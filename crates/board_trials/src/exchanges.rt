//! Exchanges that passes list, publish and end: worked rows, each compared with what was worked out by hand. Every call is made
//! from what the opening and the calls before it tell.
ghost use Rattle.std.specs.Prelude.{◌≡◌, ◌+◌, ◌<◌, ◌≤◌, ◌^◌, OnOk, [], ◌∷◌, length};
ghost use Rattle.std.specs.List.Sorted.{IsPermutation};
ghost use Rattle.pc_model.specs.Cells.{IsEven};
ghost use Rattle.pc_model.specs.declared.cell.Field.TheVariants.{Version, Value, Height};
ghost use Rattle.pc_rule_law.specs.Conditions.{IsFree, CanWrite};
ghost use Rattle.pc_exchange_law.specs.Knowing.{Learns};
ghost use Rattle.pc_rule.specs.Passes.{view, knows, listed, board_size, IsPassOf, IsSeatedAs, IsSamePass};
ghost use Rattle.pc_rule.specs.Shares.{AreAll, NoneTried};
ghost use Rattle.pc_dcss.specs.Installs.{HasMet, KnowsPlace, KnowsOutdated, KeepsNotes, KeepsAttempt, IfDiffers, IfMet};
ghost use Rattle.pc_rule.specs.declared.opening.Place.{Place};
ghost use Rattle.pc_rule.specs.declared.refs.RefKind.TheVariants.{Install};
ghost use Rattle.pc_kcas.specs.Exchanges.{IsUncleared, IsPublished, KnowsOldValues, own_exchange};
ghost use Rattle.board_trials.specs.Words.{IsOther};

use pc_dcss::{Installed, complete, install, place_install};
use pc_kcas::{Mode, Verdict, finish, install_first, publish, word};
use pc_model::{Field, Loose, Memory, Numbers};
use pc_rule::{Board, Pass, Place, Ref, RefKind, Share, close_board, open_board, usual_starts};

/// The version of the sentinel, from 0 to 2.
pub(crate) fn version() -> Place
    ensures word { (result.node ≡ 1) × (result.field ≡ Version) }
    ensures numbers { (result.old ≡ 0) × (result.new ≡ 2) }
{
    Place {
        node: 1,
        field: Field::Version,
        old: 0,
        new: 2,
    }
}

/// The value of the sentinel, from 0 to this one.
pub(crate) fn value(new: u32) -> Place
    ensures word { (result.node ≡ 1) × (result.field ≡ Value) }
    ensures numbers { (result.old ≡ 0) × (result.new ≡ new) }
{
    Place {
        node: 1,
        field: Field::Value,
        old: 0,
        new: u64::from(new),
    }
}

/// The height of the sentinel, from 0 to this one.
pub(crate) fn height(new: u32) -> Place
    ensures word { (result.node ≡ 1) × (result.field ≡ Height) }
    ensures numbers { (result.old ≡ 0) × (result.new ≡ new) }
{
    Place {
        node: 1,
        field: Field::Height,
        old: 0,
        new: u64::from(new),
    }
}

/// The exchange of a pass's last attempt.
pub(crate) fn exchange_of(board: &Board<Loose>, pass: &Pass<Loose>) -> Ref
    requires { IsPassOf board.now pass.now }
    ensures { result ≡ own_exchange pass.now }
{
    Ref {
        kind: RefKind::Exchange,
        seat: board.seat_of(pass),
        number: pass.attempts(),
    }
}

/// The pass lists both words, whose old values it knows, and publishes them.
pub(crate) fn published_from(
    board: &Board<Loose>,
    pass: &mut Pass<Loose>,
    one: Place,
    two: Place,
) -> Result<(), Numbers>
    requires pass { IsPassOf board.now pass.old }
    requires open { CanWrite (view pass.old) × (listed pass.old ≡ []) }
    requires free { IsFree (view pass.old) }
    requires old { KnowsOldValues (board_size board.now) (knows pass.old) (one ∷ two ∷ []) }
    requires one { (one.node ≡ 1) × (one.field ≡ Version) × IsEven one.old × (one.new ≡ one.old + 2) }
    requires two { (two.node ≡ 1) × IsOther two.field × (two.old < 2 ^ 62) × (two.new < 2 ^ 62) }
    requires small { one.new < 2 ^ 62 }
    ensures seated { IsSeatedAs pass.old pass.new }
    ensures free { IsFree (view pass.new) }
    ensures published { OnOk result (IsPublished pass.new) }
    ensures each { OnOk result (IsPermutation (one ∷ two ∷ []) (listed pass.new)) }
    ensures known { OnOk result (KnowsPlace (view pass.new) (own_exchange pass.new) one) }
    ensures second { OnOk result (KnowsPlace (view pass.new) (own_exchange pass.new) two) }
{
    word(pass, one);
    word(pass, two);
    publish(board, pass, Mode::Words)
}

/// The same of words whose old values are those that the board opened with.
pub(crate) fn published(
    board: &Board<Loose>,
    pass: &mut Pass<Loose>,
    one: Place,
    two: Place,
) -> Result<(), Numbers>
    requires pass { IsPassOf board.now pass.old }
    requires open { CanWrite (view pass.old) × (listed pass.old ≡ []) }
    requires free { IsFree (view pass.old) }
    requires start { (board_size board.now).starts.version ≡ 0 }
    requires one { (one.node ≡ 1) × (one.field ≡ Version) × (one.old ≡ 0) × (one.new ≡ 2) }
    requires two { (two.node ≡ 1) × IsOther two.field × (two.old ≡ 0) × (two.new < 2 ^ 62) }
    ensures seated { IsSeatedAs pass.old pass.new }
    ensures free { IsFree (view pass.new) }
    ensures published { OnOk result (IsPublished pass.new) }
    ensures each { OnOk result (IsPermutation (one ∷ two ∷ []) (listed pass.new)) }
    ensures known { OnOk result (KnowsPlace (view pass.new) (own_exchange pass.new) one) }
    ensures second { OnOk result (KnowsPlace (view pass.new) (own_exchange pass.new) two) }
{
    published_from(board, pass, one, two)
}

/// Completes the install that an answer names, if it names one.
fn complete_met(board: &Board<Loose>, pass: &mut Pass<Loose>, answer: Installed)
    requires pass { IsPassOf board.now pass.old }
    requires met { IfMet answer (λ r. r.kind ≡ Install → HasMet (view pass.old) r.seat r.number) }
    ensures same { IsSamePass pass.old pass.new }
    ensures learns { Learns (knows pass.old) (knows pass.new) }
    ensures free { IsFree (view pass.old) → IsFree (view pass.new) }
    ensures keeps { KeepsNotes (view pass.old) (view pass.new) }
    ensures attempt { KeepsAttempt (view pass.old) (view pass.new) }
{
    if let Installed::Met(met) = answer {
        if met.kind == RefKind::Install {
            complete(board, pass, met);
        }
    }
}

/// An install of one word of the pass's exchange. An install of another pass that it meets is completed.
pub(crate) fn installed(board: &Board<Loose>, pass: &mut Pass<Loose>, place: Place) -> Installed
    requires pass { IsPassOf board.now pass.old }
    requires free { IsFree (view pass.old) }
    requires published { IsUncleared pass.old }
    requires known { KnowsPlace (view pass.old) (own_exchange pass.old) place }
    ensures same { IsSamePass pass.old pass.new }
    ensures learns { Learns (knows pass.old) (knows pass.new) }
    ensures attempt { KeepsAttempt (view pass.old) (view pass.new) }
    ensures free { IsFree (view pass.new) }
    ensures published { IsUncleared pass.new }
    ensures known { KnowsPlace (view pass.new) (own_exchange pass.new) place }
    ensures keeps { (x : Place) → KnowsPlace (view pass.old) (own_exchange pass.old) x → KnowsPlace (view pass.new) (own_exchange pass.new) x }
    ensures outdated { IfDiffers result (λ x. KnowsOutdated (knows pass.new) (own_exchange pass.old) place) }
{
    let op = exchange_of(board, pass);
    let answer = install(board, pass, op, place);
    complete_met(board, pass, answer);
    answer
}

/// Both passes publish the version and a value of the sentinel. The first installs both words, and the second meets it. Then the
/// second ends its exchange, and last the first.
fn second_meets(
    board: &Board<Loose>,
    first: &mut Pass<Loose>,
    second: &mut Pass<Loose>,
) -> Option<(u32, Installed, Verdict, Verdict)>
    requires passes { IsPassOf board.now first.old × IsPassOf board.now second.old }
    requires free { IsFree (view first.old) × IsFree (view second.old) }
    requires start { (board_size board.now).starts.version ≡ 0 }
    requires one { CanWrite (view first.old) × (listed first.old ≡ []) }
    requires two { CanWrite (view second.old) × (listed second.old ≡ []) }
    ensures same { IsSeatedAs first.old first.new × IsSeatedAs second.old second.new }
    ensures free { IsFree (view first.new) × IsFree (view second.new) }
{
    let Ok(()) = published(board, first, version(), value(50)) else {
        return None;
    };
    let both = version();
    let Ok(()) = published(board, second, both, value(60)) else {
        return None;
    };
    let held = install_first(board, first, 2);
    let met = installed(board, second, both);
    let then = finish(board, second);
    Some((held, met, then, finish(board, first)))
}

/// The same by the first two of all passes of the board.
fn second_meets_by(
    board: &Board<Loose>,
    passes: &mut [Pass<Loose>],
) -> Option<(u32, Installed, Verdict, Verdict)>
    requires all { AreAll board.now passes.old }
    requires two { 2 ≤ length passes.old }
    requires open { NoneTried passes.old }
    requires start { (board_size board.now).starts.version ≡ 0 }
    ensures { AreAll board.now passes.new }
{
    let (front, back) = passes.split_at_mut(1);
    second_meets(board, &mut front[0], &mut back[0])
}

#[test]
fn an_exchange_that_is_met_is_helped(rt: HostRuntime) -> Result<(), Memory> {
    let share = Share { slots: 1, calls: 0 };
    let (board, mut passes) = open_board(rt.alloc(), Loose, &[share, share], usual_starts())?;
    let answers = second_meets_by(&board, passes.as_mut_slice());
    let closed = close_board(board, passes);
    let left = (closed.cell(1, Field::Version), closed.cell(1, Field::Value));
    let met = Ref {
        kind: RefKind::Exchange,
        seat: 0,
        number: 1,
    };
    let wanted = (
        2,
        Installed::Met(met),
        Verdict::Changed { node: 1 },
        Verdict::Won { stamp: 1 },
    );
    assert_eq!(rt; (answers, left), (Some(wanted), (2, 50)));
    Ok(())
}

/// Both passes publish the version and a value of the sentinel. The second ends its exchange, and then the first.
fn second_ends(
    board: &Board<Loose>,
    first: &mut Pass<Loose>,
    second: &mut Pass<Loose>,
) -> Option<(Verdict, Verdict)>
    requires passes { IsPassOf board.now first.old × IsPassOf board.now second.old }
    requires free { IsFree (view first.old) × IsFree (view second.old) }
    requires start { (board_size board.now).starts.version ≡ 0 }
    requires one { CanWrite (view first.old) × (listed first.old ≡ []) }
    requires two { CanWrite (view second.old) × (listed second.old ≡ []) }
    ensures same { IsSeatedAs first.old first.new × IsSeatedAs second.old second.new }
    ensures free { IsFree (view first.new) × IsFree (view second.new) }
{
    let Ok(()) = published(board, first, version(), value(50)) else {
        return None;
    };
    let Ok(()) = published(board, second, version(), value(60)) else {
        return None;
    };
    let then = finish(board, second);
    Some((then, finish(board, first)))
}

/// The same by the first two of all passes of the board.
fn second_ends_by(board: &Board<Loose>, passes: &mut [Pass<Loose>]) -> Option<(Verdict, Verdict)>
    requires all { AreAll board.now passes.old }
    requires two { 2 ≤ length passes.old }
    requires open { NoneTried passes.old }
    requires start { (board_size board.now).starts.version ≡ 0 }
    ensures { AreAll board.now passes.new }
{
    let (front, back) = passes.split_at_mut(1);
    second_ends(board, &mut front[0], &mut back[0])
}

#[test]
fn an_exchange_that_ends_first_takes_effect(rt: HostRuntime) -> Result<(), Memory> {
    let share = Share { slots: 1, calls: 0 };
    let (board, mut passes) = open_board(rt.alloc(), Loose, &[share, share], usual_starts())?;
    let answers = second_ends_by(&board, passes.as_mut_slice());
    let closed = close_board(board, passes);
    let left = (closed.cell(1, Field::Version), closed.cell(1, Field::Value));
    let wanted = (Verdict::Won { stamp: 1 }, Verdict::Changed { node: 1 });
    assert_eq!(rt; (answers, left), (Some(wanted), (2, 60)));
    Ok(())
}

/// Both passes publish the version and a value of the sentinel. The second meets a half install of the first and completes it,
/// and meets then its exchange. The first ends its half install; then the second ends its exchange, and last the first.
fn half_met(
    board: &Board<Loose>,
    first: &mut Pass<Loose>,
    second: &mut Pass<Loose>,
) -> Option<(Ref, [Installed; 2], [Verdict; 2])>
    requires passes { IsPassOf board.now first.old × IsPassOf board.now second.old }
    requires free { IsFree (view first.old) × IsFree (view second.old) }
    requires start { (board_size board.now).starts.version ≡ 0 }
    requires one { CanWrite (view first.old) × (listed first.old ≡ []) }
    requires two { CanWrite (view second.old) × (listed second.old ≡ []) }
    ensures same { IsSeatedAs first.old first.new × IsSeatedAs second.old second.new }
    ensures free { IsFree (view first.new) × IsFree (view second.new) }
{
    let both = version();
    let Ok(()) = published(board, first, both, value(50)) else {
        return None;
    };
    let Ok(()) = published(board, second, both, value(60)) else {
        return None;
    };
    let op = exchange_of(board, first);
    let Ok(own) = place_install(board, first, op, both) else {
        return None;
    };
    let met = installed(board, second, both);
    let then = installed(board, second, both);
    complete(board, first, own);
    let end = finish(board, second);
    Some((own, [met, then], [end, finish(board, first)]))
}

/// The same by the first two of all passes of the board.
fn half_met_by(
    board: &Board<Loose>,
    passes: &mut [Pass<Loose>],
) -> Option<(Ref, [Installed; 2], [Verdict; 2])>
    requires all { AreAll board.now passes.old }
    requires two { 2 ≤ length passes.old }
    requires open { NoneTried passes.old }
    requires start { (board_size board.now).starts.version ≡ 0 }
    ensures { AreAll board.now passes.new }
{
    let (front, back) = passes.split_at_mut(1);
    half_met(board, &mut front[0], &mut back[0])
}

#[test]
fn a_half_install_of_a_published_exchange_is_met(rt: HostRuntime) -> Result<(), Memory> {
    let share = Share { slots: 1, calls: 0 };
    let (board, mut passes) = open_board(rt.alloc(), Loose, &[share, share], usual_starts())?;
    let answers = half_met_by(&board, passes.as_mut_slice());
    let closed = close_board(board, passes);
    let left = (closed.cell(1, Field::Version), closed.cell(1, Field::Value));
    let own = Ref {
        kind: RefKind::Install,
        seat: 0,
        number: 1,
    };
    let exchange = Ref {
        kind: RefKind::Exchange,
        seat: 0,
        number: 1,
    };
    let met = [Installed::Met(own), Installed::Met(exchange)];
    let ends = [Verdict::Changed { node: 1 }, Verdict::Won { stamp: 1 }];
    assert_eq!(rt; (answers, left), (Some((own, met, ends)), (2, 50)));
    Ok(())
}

· · · · · · ·

### [Task objective]
Precisely the lines between those holding "word(pass, two);" and "pass.old) (own_exchange pass.old) place", inclusive, are to be reproduced from the listing above, with nothing added.

### [Answer area]
    word(pass, two);
    publish(board, pass, Mode::Words)
}

/// The same of words whose old values are those that the board opened with.
pub(crate) fn published(
    board: &Board<Loose>,
    pass: &mut Pass<Loose>,
    one: Place,
    two: Place,
) -> Result<(), Numbers>
    requires pass { IsPassOf board.now pass.old }
    requires open { CanWrite (view pass.old) × (listed pass.old ≡ []) }
    requires free { IsFree (view pass.old) }
    requires start { (board_size board.now).starts.version ≡ 0 }
    requires one { (one.node ≡ 1) × (one.field ≡ Version) × (one.old ≡ 0) × (one.new ≡ 2) }
    requires two { (two.node ≡ 1) × IsOther two.field × (two.old ≡ 0) × (two.new < 2 ^ 62) }
    ensures seated { IsSeatedAs pass.old pass.new }
    ensures free { IsFree (view pass.new) }
    ensures published { OnOk result (IsPublished pass.new) }
    ensures each { OnOk result (IsPermutation (one ∷ two ∷ []) (listed pass.new)) }
    ensures known { OnOk result (KnowsPlace (view pass.new) (own_exchange pass.new) one) }
    ensures second { OnOk result (KnowsPlace (view pass.new) (own_exchange pass.new) two) }
{
    published_from(board, pass, one, two)
}

/// Completes the install that an answer names, if it names one.
fn complete_met(board: &Board<Loose>, pass: &mut Pass<Loose>, answer: Installed)
    requires pass { IsPassOf board.now pass.old }
    requires met { IfMet answer (λ r. r.kind ≡ Install → HasMet (view pass.old) r.seat r.number) }
    ensures same { IsSamePass pass.old pass.new }
    ensures learns { Learns (knows pass.old) (knows pass.new) }
    ensures free { IsFree (view pass.old) → IsFree (view pass.new) }
    ensures keeps { KeepsNotes (view pass.old) (view pass.new) }
    ensures attempt { KeepsAttempt (view pass.old) (view pass.new) }
{
    if let Installed::Met(met) = answer {
        if met.kind == RefKind::Install {
            complete(board, pass, met);
        }
    }
}

/// An install of one word of the pass's exchange. An install of another pass that it meets is completed.
pub(crate) fn installed(board: &Board<Loose>, pass: &mut Pass<Loose>, place: Place) -> Installed
    requires pass { IsPassOf board.now pass.old }
    requires free { IsFree (view pass.old) }
    requires published { IsUncleared pass.old }
    requires known { KnowsPlace (view pass.old) (own_exchange pass.old) place }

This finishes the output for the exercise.